[Collected data entries]
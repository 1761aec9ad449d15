//! The operations that stand behind the parts of a form.

ghost use Rattle.std.specs.Prelude.{◌≡◌, OnOk, true};
ghost use Rattle.lower_code.specs.Pieces.{◌then◌, one, placed, texted, put_away, kept, stuck};
ghost use Rattle.lower_code.specs.Scopes as s;
ghost use Rattle.lower_code.specs.Arounds as a;
ghost use Rattle.lower_code.specs.Applied as p;
ghost use Rattle.lower_code.specs.Lowering as l;
ghost use Rattle.verse_code.specs.declared.operations.Op.TheVariants as o;
ghost use Rattle.verse_meaning.specs.Evaluating.{mode_of};
ghost use Rattle.lower_expr.specs.Building.{built, made};
ghost use Rattle.lower_expr.specs.Locals.{found_of};
ghost use Rattle.lower_expr.specs.Endings.{numbered, stores, store_code, ending_code};

use crate::builder::Builder;
use crate::scopes::Found;
use lower_code::arounds::{Around, next};
use verse_base::places::Place;
use verse_base::refusals::Memory;
use verse_code::operations::Op;
use verse_tree::exprs::{Assign, Comparison, Operator};

/// How a `set` writes, behind its cell, its indices and its value.
#[derive(Clone, Copy)]
pub struct Storing {
    /// Whether there is a cell.
    pub there: bool,
    pub place: Place,
    pub slot: u32,
    pub indices: u32,
    pub mode: u32,
    /// Whether the value given stays, where the cell would leave another.
    pub keeps: bool,
    /// The local that the value is kept in.
    pub local: u32,
}

/// What stands behind the parts of a form.
#[derive(Clone, Copy)]
pub enum Ending {
    /// What no accepted program reaches.
    Stuck,
    Nothing,
    One(Op),
    Two(Op, Op),
    /// So many values on top fall away, and then the operation.
    Dropping(u32, Op),
    /// An operation with a place, whose number is not known yet.
    Placed(Place, Op),
    /// The value goes into this local.
    Put(u32),
    /// It goes into this local and stays.
    Keep(u32),
    /// It goes into a new cell, which goes into this local, and stays.
    Vary(Place, u32),
    Store(Storing),
    Return(Around),
    Break(Around),
}

/// The operation with the number of its place.
pub fn numbered(op: Op, number: u32) -> Op
    ensures { result ≡ numbered op number }
{
    match op {
        Op::Add(_) => Op::Add(number),
        Op::Sub(_) => Op::Sub(number),
        Op::Mul(_) => Op::Mul(number),
        Op::Neg(_) => Op::Neg(number),
        Op::Floor(_) => Op::Floor(number),
        Op::Ceil(_) => Op::Ceil(number),
        Op::Concat(_) => Op::Concat(number),
        Op::Join(count, _) => Op::Join(count, number),
        Op::Array(count, _) => Op::Array(count, number),
        Op::Map(count, _) => Op::Map(count, number),
        Op::Tuple(count, _) => Op::Tuple(count, number),
        Op::Some(_) => Op::Some(number),
        Op::New(_) => Op::New(number),
        Op::Object(class, _) => Op::Object(class, number),
        Op::Event(_) => Op::Event(number),
        Op::Append(local, _) => Op::Append(local, number),
        Op::Print(_) => Op::Print(number),
        other => other,
    }
}

#[tactic(auto, using(crate::proofs::RuleSets::plain))]
impl Builder {
    /// One operation.
    pub fn one(&mut self, op: Op) -> Result<(), Memory>
        ensures { OnOk result (built self.new ≡ made (one op) (built self.old)) }
    {
        self.op(op)?;
        Ok(())
    }

    /// An operation with a place, whose number is not known yet.
    pub fn placed(&mut self, place: Place, op: Op) -> Result<(), Memory>
        ensures { OnOk result (built self.new ≡ made (placed place (numbered op))
            (built self.old)) }
    {
        let number = self.place(place)?;
        self.op(numbered(op, number))?;
        Ok(())
    }

    /// A text.
    pub fn texted(&mut self, bytes: &[u8]) -> Result<(), Memory>
        ensures { OnOk result (built self.new ≡ made (texted bytes.now) (built self.old)) }
    {
        let number = self.text(bytes)?;
        self.op(Op::Text(number))?;
        Ok(())
    }

    /// A text that is not empty.
    #[tactic(auto, using(crate::proofs::Plain::no_text))]
    pub fn text_if(&mut self, bytes: &[u8]) -> Result<(), Memory>
        ensures { OnOk result (built self.new ≡ made (l.text_if bytes.now) (built self.old)) }
    {
        match bytes {
            [] => Ok(()),
            [_, ..] => {
                self.texted(bytes)?;
                Ok(())
            }
        }
    }

    /// What no accepted program reaches.
    pub fn stuck(&mut self) -> Result<(), Memory>
        ensures { OnOk result (built self.new ≡ made stuck (built self.old)) }
    {
        let here = self.label()?;
        self.op(Op::Arm(next(here)?))?;
        Ok(())
    }

    /// The value on top goes into a local.
    pub fn put_away(&mut self, local: u32) -> Result<(), Memory>
        ensures { OnOk result (built self.new ≡ made (put_away local) (built self.old)) }
    {
        self.local(local)?;
        self.op(Op::Put(local))?;
        Ok(())
    }

    /// The value on top goes into a local and stays.
    pub fn keep(&mut self, local: u32) -> Result<(), Memory>
        ensures { OnOk result (built self.new ≡ made (kept local) (built self.old)) }
    {
        self.put_away(local)?;
        self.op(Op::Get(local))?;
        Ok(())
    }

    /// The value on top goes into a new cell, which goes into a local, and stays.
    #[tactic(auto, using(crate::proofs::Plain::vary_law))]
    fn vary(&mut self, place: Place, local: u32) -> Result<(), Memory>
        ensures { OnOk result (built self.new ≡ made (placed place o.New then kept local then
            one (o.Load 0)) (built self.old)) }
    {
        let number = self.place(place)?;
        self.op(Op::New(number))?;
        self.keep(local)?;
        self.op(Op::Load(0))?;
        Ok(())
    }

    #[tactic(auto, using(crate::proofs::Laws::made_one, crate::proofs::Plain::leaving_some, crate::proofs::Plain::leaving_none))]
    fn leave_to(&mut self, count: u32, around: Around) -> Result<(), Memory>
        ensures { OnOk result (built self.new ≡ made (a.leaving_to count around)
            (built self.old)) }
    {
        if count < around.defers {
            self.op(Op::Leave(count))?;
        }
        Ok(())
    }

    /// What a `return` does with its value on the stack.
    pub fn returning(&mut self, around: Around) -> Result<(), Memory>
        ensures { OnOk result (built self.new ≡ made (a.returning around) (built self.old)) }
    {
        self.leave_to(around.base, around)?;
        if around.may_return {
            self.one(Op::Return)?;
        } else {
            self.stuck()?;
        }
        Ok(())
    }

    pub fn breaking(&mut self, around: Around) -> Result<(), Memory>
        ensures { OnOk result (built self.new ≡ made (a.breaking around) (built self.old)) }
    {
        self.leave_to(around.floor, around)?;
        if around.in_loop {
            self.leave_loop(around.height)?;
        } else {
            self.stuck()?;
        }
        Ok(())
    }

    #[tactic(auto, using(crate::proofs::Plain::storing_law))]
    fn store_kept(&mut self, op: Op, local: u32) -> Result<(), Memory>
        ensures { OnOk result (built self.new ≡ made (p.storing op true local)
            (built self.old)) }
    {
        self.keep(local)?;
        self.op(op)?;
        self.op(Op::Drop)?;
        self.op(Op::Get(local))?;
        Ok(())
    }

    fn store_there(&mut self, storing: Storing) -> Result<(), Memory>
        ensures { OnOk result (built self.new ≡ made (stores storing) (built self.old)) }
    {
        let place = self.place(storing.place)?;
        let op = Op::Store {
            slot: storing.slot,
            indices: storing.indices,
            mode: storing.mode,
            place,
        };
        if storing.keeps {
            self.store_kept(op, storing.local)?;
        } else {
            self.op(op)?;
        }
        Ok(())
    }

    fn store(&mut self, storing: Storing) -> Result<(), Memory>
        ensures { OnOk result (built self.new ≡ made (store_code storing) (built self.old)) }
    {
        if storing.there {
            self.store_there(storing)?;
        } else {
            self.stuck()?;
        }
        Ok(())
    }

    fn two(&mut self, op: Op, next: Op) -> Result<(), Memory>
        ensures { OnOk result (built self.new ≡ made (one op then one next) (built self.old)) }
    {
        self.op(op)?;
        self.op(next)?;
        Ok(())
    }

    #[tactic(auto, using(crate::proofs::Plain::dropping_law))]
    fn dropping(&mut self, count: u32, op: Op) -> Result<(), Memory>
        ensures { OnOk result (built self.new ≡ made (p.dropping count (one op))
            (built self.old)) }
    {
        self.drop_values(count)?;
        self.op(op)?;
        Ok(())
    }

    /// What stands behind the parts of a form.
    pub fn ending(&mut self, ending: Ending) -> Result<(), Memory>
        ensures { OnOk result (built self.new ≡ made (ending_code ending) (built self.old)) }
    {
        match ending {
            Ending::Stuck => self.stuck(),
            Ending::Nothing => Ok(()),
            Ending::One(op) => self.one(op),
            Ending::Two(op, next) => self.two(op, next),
            Ending::Dropping(count, op) => self.dropping(count, op),
            Ending::Placed(place, op) => self.placed(place, op),
            Ending::Put(local) => self.put_away(local),
            Ending::Keep(local) => self.keep(local),
            Ending::Vary(place, local) => self.vary(place, local),
            Ending::Store(storing) => self.store(storing),
            Ending::Return(around) => self.returning(around),
            Ending::Break(around) => self.breaking(around),
        }
    }
}

/// The value of a name that is no field.
pub fn read_found(found: Found) -> Ending
    ensures { ending_code result ≡ s.read_found (found_of found) }
{
    match found {
        Found::Fixed(local) => Ending::One(Op::Get(local)),
        Found::Varies(local) => Ending::Two(Op::Get(local), Op::Load(0)),
        Found::Absent => Ending::Stuck,
    }
}

/// The object of the method.
pub fn read_this(found: Found) -> Ending
    ensures { ending_code result ≡ s.read_this (found_of found) }
{
    match found {
        Found::Fixed(local) => Ending::One(Op::Get(local)),
        _ => Ending::Stuck,
    }
}

/// A field of the object of the method.
pub fn field_of_this(found: Found, slot: u32) -> Ending
    ensures { ending_code result ≡ s.field_of_this (found_of found) slot }
{
    match found {
        Found::Fixed(local) => Ending::Two(Op::Get(local), Op::Load(slot)),
        _ => Ending::Stuck,
    }
}

/// A value in a local that something follows which needs it.
pub fn push_fixed(found: Found) -> Ending
    ensures { ending_code result ≡ s.push_fixed (found_of found) }
{
    match found {
        Found::Fixed(local) => Ending::One(Op::Get(local)),
        _ => Ending::One(Op::Unit),
    }
}

/// A cell in a local that something follows which needs it.
pub fn push_varies(found: Found) -> Ending
    ensures { ending_code result ≡ s.push_varies (found_of found) }
{
    match found {
        Found::Varies(local) => Ending::One(Op::Get(local)),
        _ => Ending::One(Op::Unit),
    }
}

/// Behind two operands; whether it is arrays that are added.
pub fn computing(operator: Operator, place: Place, of_arrays: bool) -> Ending
    ensures { ending_code result ≡ p.computing operator place of_arrays }
{
    match operator {
        Operator::Add if of_arrays => Ending::Placed(place, Op::Concat(0)),
        Operator::Add => Ending::Placed(place, Op::Add(0)),
        Operator::Sub => Ending::Placed(place, Op::Sub(0)),
        Operator::Mul => Ending::Placed(place, Op::Mul(0)),
        Operator::And => Ending::Nothing,
        Operator::Or | Operator::Div => Ending::Stuck,
    }
}

pub fn comparing(operator: Comparison) -> Op
    ensures { result ≡ p.comparing operator }
{
    match operator {
        Comparison::Equal => Op::Eq,
        Comparison::Differs => Op::Ne,
        Comparison::Below => Op::Lt,
        Comparison::AtMost => Op::Le,
        Comparison::Above => Op::Gt,
        Comparison::AtLeast => Op::Ge,
    }
}

/// The number of the mode in which a `set` writes.
pub fn mode_number(assign: Assign) -> u32
    ensures { result ≡ p.mode_number (mode_of assign) }
{
    match assign {
        Assign::Set => 0,
        Assign::Add => 1,
        Assign::Sub => 2,
        Assign::Mul => 3,
    }
}

/// An index behind what is indexed, with so many of them.
#[tactic(auto, using(crate::proofs::Plain::indexing_none, crate::proofs::Plain::indexing_some))]
pub fn indexing(count: u32) -> Ending
    ensures { ending_code result ≡ p.indexing count }
{
    if count == 0 {
        Ending::Nothing
    } else {
        Ending::Dropping(count - 1, Op::At)
    }
}

/// A signal behind its event, with so many arguments.
#[tactic(auto, using(crate::proofs::Plain::signalling_none, crate::proofs::Plain::signalling_some))]
pub fn signalling(count: u32) -> Ending
    ensures { ending_code result ≡ p.signalling count }
{
    if count == 0 {
        Ending::Two(Op::Unit, Op::Signal)
    } else {
        Ending::Dropping(count - 1, Op::Signal)
    }
}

Requirement –
Return the lines from the one containing "many of them." through the last line of the records. Include both ends and nothing else.

Written answer –
/// An index behind what is indexed, with so many of them.
#[tactic(auto, using(crate::proofs::Plain::indexing_none, crate::proofs::Plain::indexing_some))]
pub fn indexing(count: u32) -> Ending
    ensures { ending_code result ≡ p.indexing count }
{
    if count == 0 {
        Ending::Nothing
    } else {
        Ending::Dropping(count - 1, Op::At)
    }
}

/// A signal behind its event, with so many arguments.
#[tactic(auto, using(crate::proofs::Plain::signalling_none, crate::proofs::Plain::signalling_some))]
pub fn signalling(count: u32) -> Ending
    ensures { ending_code result ≡ p.signalling count }
{
    if count == 0 {
        Ending::Two(Op::Unit, Op::Signal)
    } else {
        Ending::Dropping(count - 1, Op::Signal)
    }
}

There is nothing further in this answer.